Literature DB >> 22927399

Serum Response Factor (SRF)-cofilin-actin signaling axis modulates mitochondrial dynamics.

Henning Beck1, Kevin Flynn, Katrin S Lindenberg, Heinz Schwarz, Frank Bradke, Simone Di Giovanni, Bernd Knöll.   

Abstract

Aberrant mitochondrial function, morphology, and transport are main features of neurodegenerative diseases. To date, mitochondrial transport within neurons is thought to rely mainly on microtubules, whereas actin might mediate short-range movements and mitochondrial anchoring. Here, we analyzed the impact of actin on neuronal mitochondrial size and localization. F-actin enhanced mitochondrial size and mitochondrial number in neurites and growth cones. In contrast, raising G-actin resulted in mitochondrial fragmentation and decreased mitochondrial abundance.
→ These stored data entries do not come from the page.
/// What a worker has heard of its host after this job.
fn heard_after(so_far: Heard, served: &Result<Option<Reply>, http_jobs::NotDone>) -> Heard {
    if is_answered(served) {
        Heard::Answer
    } else {
        so_far
    }
}

/// A job of the machine's host has come to this. What is new of its answers.
fn end_job<R: Wait>(
    rt: &R,
    hosts: &Hosts,
    machine: MachineId,
    so_far: Heard,
    served: &Result<Option<Reply>, http_jobs::NotDone>,
) -> Option<AnswerNews> {
    hosts.end_job(rt, machine, so_far, is_answered(served))
}

/// How a job ended.
fn end_of(done: &Result<Option<Reply>, http_jobs::NotDone>) -> JobEnd {
    match done {
        Ok(Some(reply)) => match &reply.outcome.end {
            End::Complete(_) => JobEnd::Completed,
            End::Fail => JobEnd::Failed,
        },
        Ok(None) => JobEnd::Failed,
        Err(_) => JobEnd::Lost,
    }
}

/// The job, to be kept as one that is answered, if its service said how it ended. Its names are moved, and its data is dropped.
fn answered_of(
    alloc: Global,
    job: Assignment,
    function: Option<FuncId>,
    done: &Result<Option<Reply>, http_jobs::NotDone>,
) -> Option<AnsweredJob> {
    let end = end_of(done);
    if end == JobEnd::Lost {
        return None;
    }
    let Assignment {
        handle,
        function: name,
        unique,
        payload: _,
    } = job;
    Some(AnsweredJob {
        handle,
        unique: told_part(alloc, unique),
        function: told_part(alloc, name),
        counted: function,
        end,
    })
}

/// The line of what is new of a machine's host. The only error is out of memory.
fn news_line(
    alloc: Global,
    farm: &Farm,
    machine: MachineId,
    news: HostNews,
) -> Result<String, AllocError> {
    let name = farm.settings.machine_name(machine);
    match news {
        HostNews::Reached => format!(in alloc; "reached {name}"),
        HostNews::Unreached(why) => {
            let why = why.name();
            format!(in alloc; "unreached {name} {why}")
        }
    }
}

/// The line of what is new of the answers of a machine's host, if anything is.
pub fn answers_line(
    alloc: Global,
    farm: &Farm,
    machine: MachineId,
    news: Option<AnswerNews>,
) -> Option<Result<String, AllocError>> {
    let name = farm.settings.machine_name(machine);
    match news? {
        AnswerNews::Unanswered(jobs) => Some(format!(in alloc; "unanswered {name} {jobs}")),
        AnswerNews::Answered => Some(format!(in alloc; "answered {name}")),
    }
}

/// The line of a worker that ends since no connection to its service was opened. The only error is out of memory.
fn no_connection_line(
    alloc: Global,
    farm: &Farm,
    worker: WorkerName,
    why: DialError,
) -> Result<String, AllocError> {
    let name = farm.name_of(alloc, worker)?;
    let why = dial_words(why);
    format!(in alloc; "noconnection {name} ({why})")
}

/// The line of what is new of a machine's host, if anything is.
pub fn host_line(
    alloc: Global,
    farm: &Farm,
    machine: MachineId,
    news: Option<HostNews>,
) -> Option<Result<String, AllocError>> {
    let news = news?;
    Some(news_line(alloc, farm, machine, news))
}

/// Notes that the job was left unserved at this time, if it was. How often it was, this time included. None if no time is known. A job that
/// was served is not known any more: whoever left it before, it comes again no more.
fn note_left<R: Wait>(
    rt: &R,
    unserved: &Mutex<UnservedJobs>,
    job: &Handle,
    sign: HostSign,
    now_ms: Option<u64>,
) -> Option<u32> {
    match (sign, now_ms) {
        (HostSign::Unserved, Some(now_ms)) => Some(unserved.lock(rt).note(job, now_ms)),
        (HostSign::Served, _) => {
            unserved.lock(rt).forget(job);
            None
        }
        _ => None,
    }
}

/// What a job is to the host that left it at this time, if it did. If it was left before, it may be one that nobody can do: it would tell
/// the same of each host. If that is not known it counts as new.
fn left_job(farm: &Farm, machine: MachineId, times: Option<u32>, now_ms: Option<u64>) -> LeftJob {
    LeftJob {
        is_new: times.unwrap_or(1) == 1,
        workers: farm.workers_on(machine),
        now_ms,
    }
}

/// How a worker leaves a job.
#[derive(Clone, Copy)]
struct Leaving {
    machine: MachineId,
    worker: WorkerName,
    /// How often services left the job unserved, this time included. None if that is not so, or not known.
    times: Option<u32>,
    /// How many times it may come again.
    retries: Option<u32>,
    /// Whether it is in doubt if the machine's host serves jobs.
    is_in_doubt: bool,
}

/// What a job comes to that was left unserved so often, if that is too often: it failed. None also if memory is refused: then it comes
/// again, and may fail the next time.
fn given_up(
    alloc: Global,
    times: u32,
    retries: Option<u32>,
    done: &Result<Option<Reply>, http_jobs::NotDone>,
) -> Option<Reply>
    ensures { IfSome result (λ reply. IsGivenUp retries done.now (reply_of reply)) }
{
    match done {
        Err(http_jobs::NotDone::Unserved(last)) if is_left_too_often(times, retries) => {
            left_too_often(alloc, times, *last).ok()
        }
        _ => None,
    }
}

/// What a job comes to that its worker leaves unserved. If it was left too often it failed, and is not known any more. Else the worker
/// holds it for a while once its session has ended, if it was left before. Neither is so if the host is left alone: then the host fails
/// and not the job, and another host may do it. While that is in doubt no job fails.
fn settle<R: Wait>(
    rt: &R,
    alloc: Global,
    books: &Books<'_>,
    job: &Handle,
    left: Leaving,
    done: Result<Option<Reply>, http_jobs::NotDone>,
) -> Result<Option<Reply>, http_jobs::NotDone>
    ensures { IsSettled left.retries done result }
{
    let Some(times) = left.times else {
        return done;
    };
    if books.hosts.is_left_alone(rt, left.machine) {
        return done;
    }
    if !left.is_in_doubt {
        if let Some(reply) = given_up(alloc, times, left.retries, &done) {
            books.unserved.lock(rt).forget(job);
            return Ok(Some(reply));
        }
    }
    let _milliseconds = books.unserved.lock(rt).hold(left.worker, job);
    done
}

impl<'e, H: FarmHost> Jobs for FarmJobs<'e, H> {
    ghost use Rattle.std.specs.Prelude.{◌≡◌};
    ghost use Rattle.http_jobs.specs.Serving.{IsNotDoneBy, MayMakeReady, visible};
    ghost use Rattle.serve_command.specs.Farm.{terms_in};
    ghost use Rattle.serve_command.specs.ServiceJobs.{Does};

    ghost tells = { λ before after job told. (after.books.farm ≡ before.books.farm)
        × (after.worker ≡ before.worker) × (after.machine ≡ before.machine)
        × (H.Dials.host after.jobs.dial ≡ H.Dials.host before.jobs.dial)
        × Does before.books.farm.now before.jobs.service
        (visible H.Call.input H.Call.output H.Call.quiet before.jobs.kept (H.Dials.calls before.jobs.dial)
        (H.Times.shown before.jobs.clock))
        (visible H.Call.input H.Call.output H.Call.quiet after.jobs.kept (H.Dials.calls after.jobs.dial)
        (H.Times.shown after.jobs.clock)) job told
        × (after.jobs.service ≡ before.jobs.service)
        × (after.jobs.terms ≡ terms_in before.books.farm.now job.function) };

    ghost fails = { λ before after job error. (after.books.farm ≡ before.books.farm)
        × (after.worker ≡ before.worker) × (after.machine ≡ before.machine)
        × (H.Dials.host after.jobs.dial ≡ H.Dials.host before.jobs.dial)
        × IsNotDoneBy before.jobs.service (terms_in before.books.farm.now job.function)
        (visible H.Call.input H.Call.output H.Call.quiet before.jobs.kept (H.Dials.calls before.jobs.dial)
        (H.Times.shown before.jobs.clock))
        (visible H.Call.input H.Call.output H.Call.quiet after.jobs.kept (H.Dials.calls after.jobs.dial)
        (H.Times.shown after.jobs.clock))
        after.jobs.service after.jobs.terms job error };

    ghost prepares = { λ before after. (after.books.farm ≡ before.books.farm)
        × (after.worker ≡ before.worker) × (after.machine ≡ before.machine)
        × (H.Dials.host after.jobs.dial ≡ H.Dials.host before.jobs.dial)
        × MayMakeReady
        (visible H.Call.input H.Call.output H.Call.quiet before.jobs.kept (H.Dials.calls before.jobs.dial)
        (H.Times.shown before.jobs.clock))
        (visible H.Call.input H.Call.output H.Call.quiet after.jobs.kept (H.Dials.calls after.jobs.dial)
        (H.Times.shown after.jobs.clock))
        × (after.jobs.service ≡ before.jobs.service) × (after.jobs.terms ≡ before.jobs.terms) };

    fn run(&mut self, alloc: Global, job: Assignment) -> Result<Option<Outcome>, NotDone> {
        let farm = self.books.farm;
        let function = farm.settings.function_named(&job.function);
        self.books.tally.begin(self.host, function);
        let timeout_ms = self.books.farm.timeout_ms(&job.function);
        self.jobs.set_terms(self.books.farm.terms(&job.function));
        self.next_look = Mutex::new(NextLook::AfterJob);
        let so_far = self.heard;
        self.books.hosts.begin_job(self.host, self.machine, so_far);
        let served = self.jobs.serve(alloc, &job);
        self.heard = heard_after(so_far, &served);
        let sign = sign_of(&served, timeout_ms, farm.services.connect_ms());
        let now_ms = self.host.now_ms();
        let times_left = note_left(self.host, self.books.unserved, &job.handle, sign, now_ms);
        let left = left_job(farm, self.machine, times_left, now_ms);
        let turn = self.books.hosts.turn(self.host);
        let answers = end_job(self.host, self.books.hosts, self.machine, so_far, &served);
        self.host
            .tell_if(answers_line(alloc, farm, self.machine, answers));
        let news = news_of(self.host, self.books.hosts, self.machine, left, sign);
        self.host
            .tell_if(host_line(alloc, farm, self.machine, news));
        drop(turn);
        let left = Leaving {
            machine: self.machine,
            worker: self.worker,
            times: times_left,
            retries: farm.retries(&job.function),
            is_in_doubt: self.books.hosts.doubt_ms(self.host, self.machine, left) > 0,
        };
        let done = settle(self.host, alloc, &self.books, &job.handle, left, served);
        self.books.tally.end(self.host, function, end_of(&done));
        let failure = failure_of(alloc, farm, self.worker, &job, &done);
        self.host.tell_if(line_of(alloc, &failure));
        let dated = failure
            .ok()
            .flatten()
            .map(|failure| self.host.dated(failure.view));
        self.books.tally.note(self.host, dated);
        let answered = answered_of(alloc, job, function, &done);
        drop(self.books.last_jobs.keep(self.host, self.worker, answered));
        Ok(Reply::outcome_in(done?))
    }

    /// If no connection is kept, or the kept one is lost, one is opened. If that fails the worker asks for no job, and ends: another host
    /// may do the job. None is opened if the farm has to end, since then no job is asked for.
    fn prepare(&mut self) -> Readiness {
        let looks = takes_look(self.host, &self.next_look);
        if self.host.is_to_end() || (self.jobs.is_open() && !(looks && self.jobs.is_lost())) {
            return Readiness::Ready;
        }
        let opened = self.jobs.make_ready();
        let farm = self.books.farm;
        let turn = self.books.hosts.turn(self.host);
        let news = self.books.hosts.note_dial(self.host, self.machine, opened);
        self.host
            .tell_if(host_line(self.alloc, farm, self.machine, news));
        drop(turn);
        let Err(why) = opened else {
            return Readiness::Ready;
        };
        self.host
            .tell(no_connection_line(self.alloc, farm, self.worker, why));
        Readiness::Unready
    }

    /// `Lost` if it is time to look and the kept connection is lost. A loss is told once.
    fn readiness(&self) -> Readiness {
        let mut next = self.next_look.lock(self.host);
        match *next {
            NextLook::AfterJob => *next = NextLook::Due,
            NextLook::Due if self.jobs.is_lost() => {
                *next = NextLook::ToldLost;
                return Readiness::Lost;
            }
            NextLook::Due | NextLook::ToldLost => {}
        }
        Readiness::Ready
    }
}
Cellular F-actin/G-actin levels also regulate serum response factor (SRF)-mediated gene regulation, suggesting a possible link between SRF and mitochondrial dynamics. Indeed, SRF-deficient neurons display neurodegenerative hallmarks of mitochondria, including disrupted morphology, fragmentation, and impaired mitochondrial motility, as well as ATP energy metabolism. Conversely, constitutively active SRF-VP16 induced formation of mitochondrial networks and rescued huntingtin (HTT)-impaired mitochondrial dynamics. Finally, SRF and actin dynamics are connected via the actin severing protein cofilin and its slingshot phosphatase to modulate neuronal mitochondrial dynamics. In summary, our data suggest that the SRF-cofilin-actin signaling axis modulates neuronal mitochondrial function.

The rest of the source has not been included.